** Opening Exercise material block **

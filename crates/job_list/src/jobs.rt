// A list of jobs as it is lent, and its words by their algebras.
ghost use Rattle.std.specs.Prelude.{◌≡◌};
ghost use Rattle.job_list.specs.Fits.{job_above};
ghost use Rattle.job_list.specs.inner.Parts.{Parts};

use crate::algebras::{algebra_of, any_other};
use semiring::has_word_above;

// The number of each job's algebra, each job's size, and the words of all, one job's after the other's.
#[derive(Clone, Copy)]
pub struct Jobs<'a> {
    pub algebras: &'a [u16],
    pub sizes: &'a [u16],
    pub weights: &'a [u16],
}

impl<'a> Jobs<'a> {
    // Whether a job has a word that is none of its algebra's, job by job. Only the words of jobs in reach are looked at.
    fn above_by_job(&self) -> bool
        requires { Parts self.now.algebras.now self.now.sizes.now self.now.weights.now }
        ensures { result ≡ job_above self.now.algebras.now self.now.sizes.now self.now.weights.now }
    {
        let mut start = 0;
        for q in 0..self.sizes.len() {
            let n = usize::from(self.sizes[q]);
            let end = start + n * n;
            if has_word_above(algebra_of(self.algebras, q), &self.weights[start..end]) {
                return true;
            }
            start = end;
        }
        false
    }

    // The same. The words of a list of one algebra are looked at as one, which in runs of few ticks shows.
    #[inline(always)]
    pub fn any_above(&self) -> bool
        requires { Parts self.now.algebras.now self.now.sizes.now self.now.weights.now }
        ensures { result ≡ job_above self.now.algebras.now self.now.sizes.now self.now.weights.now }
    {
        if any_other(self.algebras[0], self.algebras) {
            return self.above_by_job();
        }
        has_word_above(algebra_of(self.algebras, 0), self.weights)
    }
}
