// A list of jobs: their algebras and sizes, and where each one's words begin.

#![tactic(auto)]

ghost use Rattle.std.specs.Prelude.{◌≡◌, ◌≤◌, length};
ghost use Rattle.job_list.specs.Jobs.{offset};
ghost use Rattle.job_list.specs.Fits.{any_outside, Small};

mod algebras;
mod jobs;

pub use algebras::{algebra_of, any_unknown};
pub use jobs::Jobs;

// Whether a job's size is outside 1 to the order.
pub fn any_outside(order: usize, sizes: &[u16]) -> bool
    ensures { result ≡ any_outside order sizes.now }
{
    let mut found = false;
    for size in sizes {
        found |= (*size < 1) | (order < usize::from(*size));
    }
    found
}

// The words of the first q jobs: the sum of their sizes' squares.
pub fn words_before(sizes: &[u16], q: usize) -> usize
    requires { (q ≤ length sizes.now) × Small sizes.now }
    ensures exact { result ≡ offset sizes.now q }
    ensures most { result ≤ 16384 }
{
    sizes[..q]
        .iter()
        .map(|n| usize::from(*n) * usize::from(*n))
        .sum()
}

** Closing Exercise material block **
** Opening Exercise material block **

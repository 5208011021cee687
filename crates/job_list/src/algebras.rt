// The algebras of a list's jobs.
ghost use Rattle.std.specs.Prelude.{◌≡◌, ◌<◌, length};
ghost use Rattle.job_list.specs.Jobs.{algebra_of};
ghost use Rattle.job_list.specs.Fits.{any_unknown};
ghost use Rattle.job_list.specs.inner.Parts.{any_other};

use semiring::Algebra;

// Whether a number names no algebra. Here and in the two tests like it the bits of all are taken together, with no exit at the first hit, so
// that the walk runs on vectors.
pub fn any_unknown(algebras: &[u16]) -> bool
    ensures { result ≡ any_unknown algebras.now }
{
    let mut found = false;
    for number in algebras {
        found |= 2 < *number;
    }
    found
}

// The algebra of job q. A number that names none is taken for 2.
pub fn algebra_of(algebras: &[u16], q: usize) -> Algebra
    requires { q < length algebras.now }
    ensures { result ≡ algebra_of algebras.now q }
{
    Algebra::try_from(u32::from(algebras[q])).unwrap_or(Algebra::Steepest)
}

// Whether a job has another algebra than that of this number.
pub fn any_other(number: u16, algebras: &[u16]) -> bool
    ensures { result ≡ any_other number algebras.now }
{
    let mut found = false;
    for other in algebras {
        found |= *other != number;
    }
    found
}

** Closing Exercise material block **

What is needed:
List every line in the records above that contains the word "ensures".

Your solution:
        ensures { result ≡ job_above self.now.algebras.now self.now.sizes.now self.now.weights.now }
        ensures { result ≡ job_above self.now.algebras.now self.now.sizes.now self.now.weights.now }
    ensures { result ≡ any_outside order sizes.now }
    ensures exact { result ≡ offset sizes.now q }
    ensures most { result ≤ 16384 }
    ensures { result ≡ any_unknown algebras.now }
    ensures { result ≡ algebra_of algebras.now q }
    ensures { result ≡ any_other number algebras.now }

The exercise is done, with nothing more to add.